Robert Cromie (1855–1907) was a Northern Irish journalist and novelist.

Early life and family
Robert Cromie was the third son of Dr. Cromie J.P., of Clough, the local registrar of births and deaths and ruling elder of Clough Presbyterian church.
Robert's elder sister, Annie Howe Cromie (1849-1939), to whom he was particularly close, was the wife of John Jordan, and named her second son after him. Through Cromie's mother, a Miss Henry of Ballyhosset (near Downpatrick), he was descended from Gilbert Howe (c.1626-c.1712), of Ballytrim (near Killyleagh), the confidential servant to James Hamilton, 1st Earl of Clanbrassil, and was thus connected by blood to many of the leading families in East Down.

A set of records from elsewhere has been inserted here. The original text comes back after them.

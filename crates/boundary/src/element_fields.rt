// An element of a frame as its fields, each at its place (docs/BOUNDARY.md). What it has not got is 0.
// Kept as numbers: C reads them so, as it hands them to the writers.
ghost use Rattle.std.specs.Prelude.{◌≡◌};
ghost use Rattle.element.specs.Quiet.{quiet_contents};
ghost use Rattle.boundary.specs.ElementFields.{pair_fields, asked_by, request_fields, reason_number, found_number, found_value, said_by, report_fields};

use crate::frame_fields;
use element::ibss_dfs::ChannelMap;
use element::quiet::Quiet;
use measurement_element::measurement_report::{Reason, Report};
use measurement_element::measurement_request::Request;
use measurement_element::{Found, Span, measurement_report, measurement_request};

// Where the span of a request stands, and that of a report with its densities, and how many octets the fields of each are.
const REQUEST_SPAN: usize = 5;

pub const REQUEST: usize = 16;

const REPORT_SPAN: usize = 4;

const DENSITIES: usize = 15;

pub const REPORT: usize = 23;

// A Quiet element as in its contents: count, period, duration, offset.
// Kept as one literal, in the order of the octets: by slices each number would need its place.
pub fn of_quiet(quiet: Quiet) -> [u8; 6]
    ensures { result ≡ quiet_contents quiet }
{
    let duration = octets::octets16(quiet.duration);
    let offset = octets::octets16(quiet.offset);
    [
        quiet.count,
        quiet.period,
        duration[0],
        duration[1],
        offset[0],
        offset[1],
    ]
}

// A pair of element 41.
pub fn of_pair(pair: ChannelMap) -> [u8; 2]
    ensures { result ≡ pair_fields pair }
{
    [pair.channel, pair.map]
}

// What is asked, by the numbers that a writer takes.
#[derive(Clone, Copy)]
pub struct Asked {
    pub asks: u8,
    pub request: u8,
    pub report: u8,
    pub span: Span,
}

fn asked_by(matter: measurement_request::Matter) -> Asked
    ensures { result ≡ asked_by matter }
{
    match matter {
        measurement_request::Matter::Enable { request, report } => Asked {
            asks: 0,
            request: frame_fields::flag(request),
            report: frame_fields::flag(report),
            span: Span::none(),
        },
        measurement_request::Matter::Measure(span) => Asked {
            asks: 1,
            request: 0,
            report: 0,
            span,
        },
        measurement_request::Matter::Uninterpreted => Asked {
            asks: 2,
            request: 0,
            report: 0,
            span: Span::none(),
        },
    }
}

pub fn of_request(request: Request) -> [u8; REQUEST]
    ensures { result ≡ request_fields request }
{
    let asked = asked_by(request.matter);
    let front = [
        request.token,
        request.kind,
        asked.asks,
        asked.request,
        asked.report,
    ];
    let mut fields = [0; REQUEST];
    fields[..REQUEST_SPAN].copy_from_slice(&front);
    fields[REQUEST_SPAN..].copy_from_slice(&asked.span.to_octets());
    fields
}

// What is said, by the numbers that a writer takes; the value is the map or the busy fraction.
#[derive(Clone, Copy)]
pub struct Said {
    pub says: u8,
    pub value: u8,
    pub span: Span,
}

fn reason_number(reason: Reason) -> u8
    ensures { result ≡ reason_number reason }
{
    match reason {
        Reason::Late => 0,
        Reason::Incapable => 1,
        Reason::Refused => 2,
    }
}

fn found_number(found: Found) -> u8
    ensures { result ≡ found_number found }
{
    match found {
        Found::Map(_) => 3,
        Found::Busy(_) => 4,
        Found::Densities => 5,
    }
}

fn found_value(found: Found) -> u8
    ensures { result ≡ found_value found }
{
    match found {
        Found::Map(map) => map,
        Found::Busy(fraction) => fraction,
        Found::Densities => 0,
    }
}

fn said_by(matter: measurement_report::Matter) -> Said
    ensures { result ≡ said_by matter }
{
    match matter {
        measurement_report::Matter::NotMeasured(reason) => Said {
            says: reason_number(reason),
            value: 0,
            span: Span::none(),
        },
        measurement_report::Matter::Measured { span, found } => Said {
            says: found_number(found),
            value: found_value(found),
            span,
        },
        measurement_report::Matter::Uninterpreted => Said {
            says: 6,
            value: 0,
            span: Span::none(),
        },
    }
}

pub fn of_report(report: Report) -> [u8; REPORT]
    ensures { result ≡ report_fields report }
{
    let said = said_by(report.matter);
    let mut fields = [0; REPORT];
    fields[..REPORT_SPAN].copy_from_slice(&[report.token, report.kind, said.says, said.value]);
    fields[REPORT_SPAN..DENSITIES].copy_from_slice(&said.span.to_octets());
    fields[DENSITIES..].copy_from_slice(&report.densities);
    fields
}
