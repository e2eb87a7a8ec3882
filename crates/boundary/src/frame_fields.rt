// A frame as its fields, each at its place (docs/BOUNDARY.md). What a kind has not got is 0.
ghost use Rattle.std.specs.Prelude.{◌≡◌};
ghost use Rattle.boundary.specs.FrameFields.{flag, fields, fields_of, held_report, held_switch, received_octets};

use beacon::Notice;
use element::channel_switch::ChannelSwitch;
use element::tpc_report::TpcReport;
use frame::{Frame, Received};

// Where the fields stand after the first three, which are the kind, whether the frame went to all ones and the dialog token; and how many octets they all are.
const ELEMENTS: usize = 3;

const QUIETS: usize = 11;

const TIMESTAMP: usize = 19;

const CAPABILITY: usize = 27;

const POWER: usize = 29;

const REPORT: usize = 31;

const SWITCH: usize = 34;

pub const LENGTH: usize = 38;

// What the seven kinds have in common: the kind's number, its token, how many measurement elements it has, and what it says of a notice's fields.
// Kept as a number: the kind is the first octet that C reads (docs/BOUNDARY.md).
#[derive(Clone, Copy)]
pub struct Fields {
    pub kind: u8,
    pub token: u8,
    pub elements: u64,
    pub notice: Notice,
}

fn common(kind: u8, token: u8, elements: u64, notice: Notice) -> Fields
    ensures { result ≡ fields kind token elements notice }
{
    Fields {
        kind,
        token,
        elements,
        notice,
    }
}

pub fn of_frame(frame: Frame) -> Fields
    ensures { result ≡ fields_of frame }
{
    match frame {
        Frame::Beacon(notice) => common(0, 0, 0, notice),
        Frame::ProbeResponse(notice) => common(1, 0, 0, notice),
        Frame::MeasurementRequest { token, count } => {
            common(2, token, count as u64, Notice::NOTHING)
        }
        Frame::MeasurementReport { token, count } => {
            common(3, token, count as u64, Notice::NOTHING)
        }
        Frame::TpcRequest { token } => common(4, token, 0, Notice::NOTHING),
        Frame::TpcReport { token, report } => {
            let notice = Notice {
                report: Some(report),
                ..Notice::NOTHING
            };
            common(5, token, 0, notice)
        }
        Frame::ChannelSwitch(switch) => {
            let notice = Notice {
                switch: Some(switch),
                ..Notice::NOTHING
            };
            common(6, 0, 0, notice)
        }
    }
}

// What may be absent: 1 and its contents where it is there, and zeros where it is not, as a Power Constraint (`beacon::held_power`).
// Kept beside one another: each has its own number of octets, and one over a trait would be longer than these.
fn held_report(report: Option<TpcReport>) -> [u8; 3]
    ensures { result ≡ held_report report }
{
    match report {
        None => [0, 0, 0],
        Some(told) => [
            1,
            octets::from_signed(told.power),
            octets::from_signed(told.margin),
        ],
    }
}

fn held_switch(switch: Option<ChannelSwitch>) -> [u8; 4]
    ensures { result ≡ held_switch switch }
{
    match switch {
        None => [0, 0, 0, 0],
        Some(announcement) => [
            1,
            announcement.mode,
            announcement.channel,
            announcement.count,
        ],
    }
}

// 1 for yes.
pub fn flag(answer: bool) -> u8
    ensures { result ≡ flag answer }
{
    u8::from(answer)
}

// The fields of what was received.
pub fn of_received(received: Received) -> [u8; LENGTH]
    ensures { result ≡ received_octets received }
{
    let common = of_frame(received.frame);
    let notice = common.notice;
    let mut fields = [0; LENGTH];
    fields[..ELEMENTS].copy_from_slice(&[common.kind, flag(received.broadcast), common.token]);
    fields[ELEMENTS..QUIETS].copy_from_slice(&octets::octets64(common.elements));
    fields[QUIETS..TIMESTAMP].copy_from_slice(&octets::octets64(received.count as u64));
    fields[TIMESTAMP..CAPABILITY].copy_from_slice(&octets::octets64(notice.timestamp));
    fields[CAPABILITY..POWER].copy_from_slice(&octets::octets16(notice.capability));
    fields[POWER..REPORT].copy_from_slice(&beacon::held_power(notice.power));
    fields[REPORT..SWITCH].copy_from_slice(&held_report(notice.report));
    fields[SWITCH..].copy_from_slice(&held_switch(notice.switch));
    fields
}
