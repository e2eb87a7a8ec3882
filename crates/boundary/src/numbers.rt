// The busy fraction, the densities and the centre of a channel (document 01, "Replies" and "Numbers that hold").
ghost use Rattle.std.specs.Prelude.{◌≡◌, ◌∷◌, []};
ghost use Rattle.channel.specs.Centres.{centre_of};
ghost use Rattle.fraction.specs.Fractions.{busy_of, densities_of};
ghost use Rattle.boundary.specs.Codes.{code_of, Given};

use crate::codes;

#[unsafe(no_mangle)]
pub extern "C" fn oneiralth_centre(channel: u8) -> u64
    ensures { result ≡ code_of (centre_of channel) }
{
    codes::wrote(channel::centre(channel).map(usize::from))
}

#[unsafe(no_mangle)]
pub extern "C" fn oneiralth_busy_fraction(busy: u32, duration: u16) -> u64
    ensures { result ≡ code_of (busy_of duration busy) }
{
    codes::wrote(fraction::busy_fraction(busy, duration).map(usize::from))
}

// Eight times in µs; the eight densities come out as eight octets.
#[unsafe(no_mangle)]
pub extern "C" fn oneiralth_rpi_densities(
    t0: u32,
    t1: u32,
    t2: u32,
    t3: u32,
    t4: u32,
    t5: u32,
    t6: u32,
    t7: u32,
    duration: u16,
    out: &mut [u8],
) -> u64
    ensures { Given (densities_of duration (t0 ∷ t1 ∷ t2 ∷ t3 ∷ t4 ∷ t5 ∷ t6 ∷ t7 ∷ [])) out.old result out.new }
{
    match fraction::rpi_densities([t0, t1, t2, t3, t4, t5, t6, t7], duration) {
        Err(refusal) => codes::refused(refusal),
        Ok(densities) => codes::given(&densities, out),
    }
}
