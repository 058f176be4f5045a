//! Kernels and lifts. Each function's contract is a law, proved here.

ghost use Rattle.std.specs.Prelude.{◌≡◌, ℕ, List, length};
ghost use Rattle.formal_sums.specs.FormalSums.{Each};
ghost use Rattle.monomial_orders.specs.declared.order.ModOrder.TheVariants.{Pot};
ghost use Rattle.term_lists.specs.Rings.{ring_comparison, variables};
ghost use Rattle.term_lists.specs.Vectors.{AreVectorsOver, HasPositions, IsVectorOver, sums_of};
ghost use Rattle.term_lists.specs.declared.key.Key.{Key as KeyValue};
ghost use Rattle.groebner_iface.specs.Runs.{IsReducedBasisOf};
ghost use Rattle.syzygy_engine.specs.Kernels.{GeneratesSyzygies, IsKernelOf};
ghost use Rattle.syzygy_engine.specs.Lifts.{IsLiftOf};

use module_vectors::{Ring, lawful_setting};

/// The kernel that a basis of the marked list shows generates the syzygies, and is the reduced basis of these where the
/// ring's order is by position first (UAG chapter 5, section 3).
pub fn shown_kernels(ring: &Ring)
    ensures generate { let n = variables ring.now in (rank : ℕ) (list kernel : List (List (KeyValue × ℕ)))
        → Each (HasPositions rank) list → IsKernelOf ring.now rank list kernel
        → GeneratesSyzygies ring.now.modulus.value (sums_of n list) (sums_of n kernel) }
    ensures reduced { (rank : ℕ) (list kernel : List (List (KeyValue × ℕ)))
        → Each (HasPositions rank) list → IsKernelOf ring.now rank list kernel → AreVectorsOver ring.now (ring_comparison ring.now) kernel
        → ring.now.module_order ≡ Pot → IsReducedBasisOf ring.now (length list) kernel kernel }
{
    lawful_setting(ring);
}

/// A vector has one lift to a list, as a list of terms (UAG chapter 5, section 3).
pub fn one_lift(ring: &Ring)
    ensures { (list : List (List (KeyValue × ℕ))) (v a b : List (KeyValue × ℕ))
        → IsVectorOver ring.now (ring_comparison ring.now) a → IsVectorOver ring.now (ring_comparison ring.now) b
        → IsLiftOf ring.now list v a → IsLiftOf ring.now list v b → a ≡ b }
{
    lawful_setting(ring);
}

Cromie was born on 17 July 1855 at Clough. He was educated at home before being sent with an older brother to the Royal Belfast Academical Institution where, according to one article, he claimed "an unbeaten record in the matter of examinations, having never once failed, by reason... of having never once entered".

Career
Instead of pursuing an academic path, Cromie followed one of his brothers, Andrew Gilbert Howe Cromie (d. 1937), into the Ulster Bank and worked in various parts of Ireland including Donegal, Trim and Derry.  His final posting was to the Ulster Bank's head office in Waring Street, Belfast.  While working in Trim, Cromie developed a close friendship with Charles Reichel, Bishop of Meath, an association regarded as influential on the development of Cromie's style.

His first book, For England's Sake, was published in 1889.

A Plunge into Space, a science fiction novel, was published in 1890. It was well received and Jules Verne wrote a preface to the second edition in 1891.  The work predates H. G. Wells's The First Men in the Moon by some 10 years, but contains a number of similarities.  Cromie pointed these out in letters to the Academy journal.  Cromie's 1895 novel The Crack of Doom was his most successful and contains the first description of an atomic explosion.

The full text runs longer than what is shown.